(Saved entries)
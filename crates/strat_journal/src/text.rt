//! Records in the buffer of a journal.

ghost use Rattle.std.specs.Prelude.{◌≡◌, ◌≤◌, ◌<◌, ◌+◌, ◌-◌, [], ◌∷◌, ◌++◌, length, take, drop, IsTrue, vec_len};
ghost use Rattle.strat_base.specs.Change.{is_lawful, change_bytes};
ghost use Rattle.strat_base.specs.ChangeView.{change_of};
ghost use Rattle.strat_base.specs.Numbers.{placed};
ghost use Rattle.def_bytes.specs.Layout.{open_flag};

use def_bytes::OPEN;
use strat_base::{Change, put_change};

/// Writes a record and a closed gate after it into the buffer, and gives the offset of that gate.
pub(crate) fn put_record(bytes: &mut Vec<u8>, at: usize, change: &Change<'_>) -> usize
    requires fits { IsTrue (is_lawful (change_of change.now)) }
    requires room { at + 2 + length (change_bytes (change_of change.now)) ≤ vec_len bytes.old }
    ensures end { result ≡ at + 1 + length (change_bytes (change_of change.now)) }
    ensures ok { bytes.new.items
        ≡ placed bytes.old.items at (open_flag ∷ (change_bytes (change_of change.now) ++ 0 ∷ [])) }
{
    bytes[at] = OPEN;
    let end = put_change(change, bytes, at + 1);
    bytes[end] = 0;
    end
}

/// Copies bytes over the front of others.
fn put_front(into: &mut [u8], bytes: &[u8])
    requires room { length bytes.now ≤ length into.old }
    ensures ok { into.new ≡ placed into.old 0 bytes.now }
{
    into[..bytes.len()].copy_from_slice(bytes);
}

/// Writes records and a closed gate after them over the front of the buffer.
pub(crate) fn put_records(into: &mut [u8], records: &[u8])
    requires room { length records.now < length into.old }
    ensures ok { into.new ≡ placed into.old 0 (records.now ++ 0 ∷ []) }
{
    put_front(into, records);
    into[records.len()] = 0;
}

/// Copies a part of the buffer over its front.
fn copy_to_front(bytes: &mut [u8], from: usize, to: usize)
    requires fits { (from ≤ to) × (to ≤ length bytes.old) }
    ensures ok { bytes.new ≡ placed bytes.old 0 (take (to - from) (drop from bytes.old)) }
{
    bytes.copy_within(from..to, 0);
}

/// Moves a part of the buffer to its front, and writes a closed gate after it.
#[tactic(auto, using(crate::proofs::TextLemmas::part_then_gate))]
pub(crate) fn move_to_front(bytes: &mut [u8], from: usize, to: usize)
    requires fits { (from ≤ to) × (to < length bytes.old) }
    ensures ok { bytes.new
        ≡ placed bytes.old 0 (take (to - from) (drop from bytes.old) ++ 0 ∷ []) }
{
    copy_to_front(bytes, from, to);
    bytes[to - from] = 0;
}

/// The batch's records after the first one's gate, and the closed gate after them.
pub(crate) fn behind_gate(bytes: &[u8], end: usize, len: usize) -> &[u8]
    requires fits { (end ≤ len) × (len < length bytes.now) }
    ensures ok { result.now ≡ take (len - end) (drop (end + 1) bytes.now) }
    ensures len { length result.now ≡ len - end }
{
    &bytes[end + 1..len + 1]
}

TASK DESCRIPTION — Each line from the one containing "over its front." through the final line of the records must be repeated exactly, with no line added or dropped.

EXPECTED ANSWER —
/// Copies a part of the buffer over its front.
fn copy_to_front(bytes: &mut [u8], from: usize, to: usize)
    requires fits { (from ≤ to) × (to ≤ length bytes.old) }
    ensures ok { bytes.new ≡ placed bytes.old 0 (take (to - from) (drop from bytes.old)) }
{
    bytes.copy_within(from..to, 0);
}

/// Moves a part of the buffer to its front, and writes a closed gate after it.
#[tactic(auto, using(crate::proofs::TextLemmas::part_then_gate))]
pub(crate) fn move_to_front(bytes: &mut [u8], from: usize, to: usize)
    requires fits { (from ≤ to) × (to < length bytes.old) }
    ensures ok { bytes.new
        ≡ placed bytes.old 0 (take (to - from) (drop from bytes.old) ++ 0 ∷ []) }
{
    copy_to_front(bytes, from, to);
    bytes[to - from] = 0;
}

/// The batch's records after the first one's gate, and the closed gate after them.
pub(crate) fn behind_gate(bytes: &[u8], end: usize, len: usize) -> &[u8]
    requires fits { (end ≤ len) × (len < length bytes.now) }
    ensures ok { result.now ≡ take (len - end) (drop (end + 1) bytes.now) }
    ensures len { length result.now ≡ len - end }
{
    &bytes[end + 1..len + 1]
}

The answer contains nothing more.